Children of those affected by ACEs are at a heightened risk of exposing their own children to ACEs [41]. This perpetuation of ACEs is commonly known as the ‘cycle of violence’. [42]. This continuous cycle can lock generation into OUD. It follows that stopping ACEs in one generation or minimising their impact on children can help not only those individuals but also their offspring. Such a cycle of childhood adversity can lock successive generations of families into opioid dependence. Consequently, preventing ACEs in a single generation or reducing their impact on children can benefit not only those individuals but also future generations. Research shows that there is a significant reduction in opioid use amongst adolescent patients receiving OAT which further compounds the need to intervene as early as possible in their treatment [43]. Public Health will play a central role in breaking the cycle of violence but they will require help and support from health care services such as Drug and Alcohol Services [39].
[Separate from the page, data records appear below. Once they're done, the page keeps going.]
//! Lists of events.

ghost use Rattle.std.specs.Prelude.{◌≢◌};
ghost use Rattle.row_types.specs.Faults.{HasCause};
ghost use Rattle.index_events.specs.EventParts.{Called, ComesOfEvent};
ghost use Rattle.index_events.specs.Events.{EndsEvents, MeetsFault};
ghost use Rattle.index_events.specs.Puts.{EndLasts};
ghost use Rattle.index_events.specs.declared.events.Event.{Event};

use crate::events::{Event, EventAnswer, EventsEnd};
use crate::one_event::call_event;
use crate::reopening::reopen;
use index_keeper::{Keeper, Store};
use index_state::{OpenFault, State, show_index};
use row_types::Truth;
use std::alloc::Global;

/// What came of an event.
#[derive(Drop)]
pub(crate) enum Came<W: Truth, K: Keeper<W>> {
    /// It happened, and this was answered.
    Answer(State<W, K>, EventAnswer),
    /// There was not enough memory for it.
    NoMemory(State<W, K>),
    /// It is a reopening that was refused.
    Unopened(OpenFault),
}

/// Makes the events happen to the index, one after the other, up to the first for which there is
/// not enough memory, or a reopening that is refused.
pub fn run_events<W: Truth, S: Store<W>>(
    alloc: Global,
    state: State<W, S::K>,
    store: &mut S,
    path: &str,
    events: Vec<Event<W>>,
) -> EventsEnd<W, S::K>
    ensures ends { EndsEvents W.true_row S.K.told S.K.shows path.now
        (record { index = state; store = S.shows store.old }) events.items result
        (S.shows store.new) }
    ensures cause { HasCause (S.shows store.old).faults (S.shows store.new).faults
        (MeetsFault result) }
    ensures lasts { EndLasts S.K.told S.K.shows events.items result }
{
    // For its clause: the index invariant.
    show_index(&state);
    let Ok(mut answers) = Vec::with_capacity(alloc, events.len()) else {
        return EventsEnd::Stopped { state, done: 0 };
    };
    let mut events = events;
    events.reverse();
    let mut state = state;
    while let Some(event) = events.pop() {
        let done = answers.len() as u64;
        match run_event(alloc, state, store, path, event) {
            Came::Answer(next, answer) => {
                state = next;
                answers.push_reserved(answer);
            }
            Came::NoMemory(state) => return EventsEnd::Stopped { state, done },
            Came::Unopened(fault) => return EventsEnd::Unopened { done, fault },
        }
    }
    EventsEnd::All { state, answers }
}

/// Makes one event happen.
fn run_event<W: Truth, S: Store<W>>(
    alloc: Global,
    state: State<W, S::K>,
    store: &mut S,
    path: &str,
    event: Event<W>,
) -> Came<W, S::K>
    ensures { ComesOfEvent W.true_row S.K.told S.K.shows path.now
        (record { index = state; store = S.shows store.old }) event result (S.shows store.new) }
{
    match event {
        Event::Reopen => match reopen(alloc, state, store, path) {
            Ok(state) => {
                // For its clause: the index invariant.
                show_index(&state);
                Came::Answer(state, EventAnswer::Opened)
            }
            Err(fault) => Came::Unopened(fault),
        },
        event => call_owned(alloc, state, event),
    }
}

/// Makes one event happen that is no reopening.
fn call_owned<W: Truth, K: Keeper<W>>(
    alloc: Global,
    state: State<W, K>,
    event: Event<W>,
) -> Came<W, K>
    requires { event ≢ Event.Reopen }
    ensures { Called W.true_row K.told K.shows state event result }
{
    let mut state = state;
    match call_event(alloc, &mut state, event) {
        Ok(answer) => {
            // For its clause: the index invariant.
            show_index(&state);
            Came::Answer(state, answer)
        }
        Err(_) => Came::NoMemory(state),
    }
}
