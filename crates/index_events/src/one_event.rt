//! One event of an index, other than its reopening.

ghost use Rattle.std.specs.Prelude.{◌≢◌, IfOk, MatchResult};
ghost use Rattle.index_events.specs.Events.{AnswersEvent, WantsFor};
ghost use Rattle.index_events.specs.declared.events.Event.{Event};

use crate::events::{Event, EventAnswer};
use index_keeper::Keeper;
use index_state::{Begun, Judged, Published, State};
use path_canon::Select;
use row_types::{BuildId, CanonPath, Kind, Name, TrueRow, Truth};
use scan_queue::{Listing, Seen};
use std::alloc::{AllocError, Global};

/// Makes the event, which is no reopening, happen to the index.
pub(crate) fn call_event<W: Truth, K: Keeper<W>>(
    alloc: Global,
    state: &mut State<W, K>,
    event: Event<W>,
) -> Result<EventAnswer, AllocError>
    requires { event ≢ Event.Reopen }
    ensures { MatchResult result
        (λ answer. AnswersEvent K.told K.shows state.old event answer state.new)
        (λ _. WantsFor K.told K.shows state.old event state.new) }
{
    match event {
        Event::Begin(listing, roots, select) => begin(alloc, state, listing, roots, select),
        Event::Take => Ok(EventAnswer::Take(state.take())),
        Event::Publish(row) => publish(alloc, state, row),
        Event::GroomTake => Ok(EventAnswer::GroomTake(state.groom_take())),
        Event::Judge(name, seen) => judge(alloc, state, &name, seen),
        Event::Miss(name, cause) => Ok(EventAnswer::Miss(state.miss(&name, cause))),
        Event::Retry => retry(state),
        Event::Look(id, kind) => look(alloc, state, &id, kind),
        Event::Reopen => unreachable!(),
    }
}

/// A pass begins.
fn begin<W: Truth, K: Keeper<W>>(
    alloc: Global,
    state: &mut State<W, K>,
    listing: Listing,
    roots: Vec<CanonPath>,
    select: Select,
) -> Result<EventAnswer, AllocError>
    ensures { MatchResult result
        (λ answer. AnswersEvent {W = W} K.told K.shows state.old (Event.Begin listing roots select) answer
        state.new)
        (λ _. WantsFor {W = W} K.told K.shows state.old (Event.Begin listing roots select) state.new) }
{
    let mut select = select;
    match state.begin(alloc, listing, roots, &mut select) {
        Begun::OutOfMemory => Err(AllocError),
        begun => Ok(EventAnswer::Begin(begun)),
    }
}

/// A row is published.
fn publish<W: Truth, K: Keeper<W>>(
    alloc: Global,
    state: &mut State<W, K>,
    row: TrueRow<W>,
) -> Result<EventAnswer, AllocError>
    ensures { MatchResult result
        (λ answer. AnswersEvent {W = W} K.told K.shows state.old (Event.Publish row) answer state.new)
        (λ _. WantsFor {W = W} K.told K.shows state.old (Event.Publish row) state.new) }
{
    match state.publish(alloc, row) {
        Published::OutOfMemory => Err(AllocError),
        said => Ok(EventAnswer::Publish(said)),
    }
}

/// A name is judged.
fn judge<W: Truth, K: Keeper<W>>(
    alloc: Global,
    state: &mut State<W, K>,
    name: &Name,
    seen: Seen,
) -> Result<EventAnswer, AllocError>
    ensures { MatchResult result
        (λ answer. AnswersEvent {W = W} K.told K.shows state.old (Event.Judge name.now seen) answer
        state.new)
        (λ _. WantsFor {W = W} K.told K.shows state.old (Event.Judge name.now seen) state.new) }
{
    match state.judge(alloc, name, seen) {
        Judged::OutOfMemory => Err(AllocError),
        said => Ok(EventAnswer::Judge(said)),
    }
}

/// The names that are out or missed get their copies, and are tried again.
fn retry<W: Truth, K: Keeper<W>>(state: &mut State<W, K>) -> Result<EventAnswer, AllocError>
    ensures { MatchResult result
        (λ answer. AnswersEvent {W = W} K.told K.shows state.old Event.Retry answer state.new)
        (λ _. WantsFor {W = W} K.told K.shows state.old Event.Retry state.new) }
{
    state.refill()?;
    Ok(EventAnswer::Retry(state.retry()))
}

/// Files are looked up.
fn look<W: Truth, K: Keeper<W>>(
    alloc: Global,
    state: &State<W, K>,
    id: &BuildId,
    kind: Kind,
) -> Result<EventAnswer, AllocError>
    ensures { IfOk result (λ answer. AnswersEvent {W = W} K.told K.shows state.now
        (Event.Look id.now kind) answer state.now) }
{
    let mut paths = Vec::new(alloc);
    for row in state.with_class(id, kind) {
        paths.push(row.name.path.copy(alloc)?)?;
    }
    Ok(EventAnswer::Look(paths))
}
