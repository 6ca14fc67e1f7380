//! Lists of events of an index, with openings of its store again between them.
#![tactic(auto)]

mod events;
mod one_event;
mod reopening;
mod running;

pub use events::{Event, EventAnswer, EventsEnd};
pub use running::run_events;
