//! Threads over one lock: each takes a token and a place of its own, and all come back.
#![tactic(auto)]

mod crew;

pub use crew::{Slot, rooms, seats_in, seats_out};
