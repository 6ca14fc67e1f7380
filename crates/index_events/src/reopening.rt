//! Opening an index again.

ghost use Rattle.std.specs.Prelude.{◌≡◌, IfErr, IfOk, MatchResult, OnOk};
ghost use Rattle.index_events.specs.Events.{GoesBack, Reopens, StaysClosed};
ghost use Rattle.index_state.specs.Opening.{CanOpen, Opens};

use index_keeper::{Store, StoreAnswer};
use index_state::{OpenFault, State, open_state};
use row_types::Truth;
use std::alloc::Global;

/// Gives the keeper back, opens the store of this path again, and the index on it.
pub(crate) fn reopen<W: Truth, S: Store<W>>(
    alloc: Global,
    state: State<W, S::K>,
    store: &mut S,
    path: &str,
) -> Result<State<W, S::K>, OpenFault>
    ensures { MatchResult result
        (λ index. Reopens S.K.told S.K.shows path.now
        (record { index = state; store = S.shows store.old })
        (record { index = index; store = S.shows store.new }))
        (StaysClosed S.K.told S.K.shows path.now
        (record { index = state; store = S.shows store.old }) (S.shows store.new)) }
{
    store.give_back(state.into_keeper());
    match store.open_store(alloc, path) {
        StoreAnswer::Opened(keeper) => open_lent(alloc, keeper, store),
        StoreAnswer::Failed => Err(OpenFault::KeeperFault),
        StoreAnswer::OutOfMemory => Err(OpenFault::OutOfMemory),
    }
}

/// Opens the index on the keeper, which goes back to its store where that is refused.
fn open_lent<W: Truth, S: Store<W>>(
    alloc: Global,
    keeper: S::K,
    store: &mut S,
) -> Result<State<W, S::K>, OpenFault>
    requires { CanOpen S.K.told (S.K.shows keeper) }
    ensures ok { IfOk result (Opens S.K.told S.K.shows keeper) }
    ensures same { OnOk result (store.new ≡ store.old) }
    ensures err { IfErr result (GoesBack S.K.told S.K.shows keeper (S.shows store.old)
        (S.shows store.new)) }
{
    match open_state(alloc, keeper) {
        Ok(state) => Ok(state),
        Err((fault, keeper)) => {
            store.give_back(keeper);
            Err(fault)
        }
    }
}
Trauma in early childhood impacts how we respond to stress throughout our lives and as stress plays an integral role in developing and sustaining dependence [44], it merits a brief look here. Exposure to early stressors in life, such as, poor parenting, family dysfunction, and adverse neighbourhood characteristics creates a lower “set point” for a child’s internal stress system.

It has been found that early life trauma can alter the brain’s stress regulatory system, which influences an individual’s ability to regulate emotion and respond to fear [45]. Consequently, individuals may be more vulnerable to health harming behaviours in later adulthood. This predisposition is developed further when trauma is subsequently encountered in later life [46].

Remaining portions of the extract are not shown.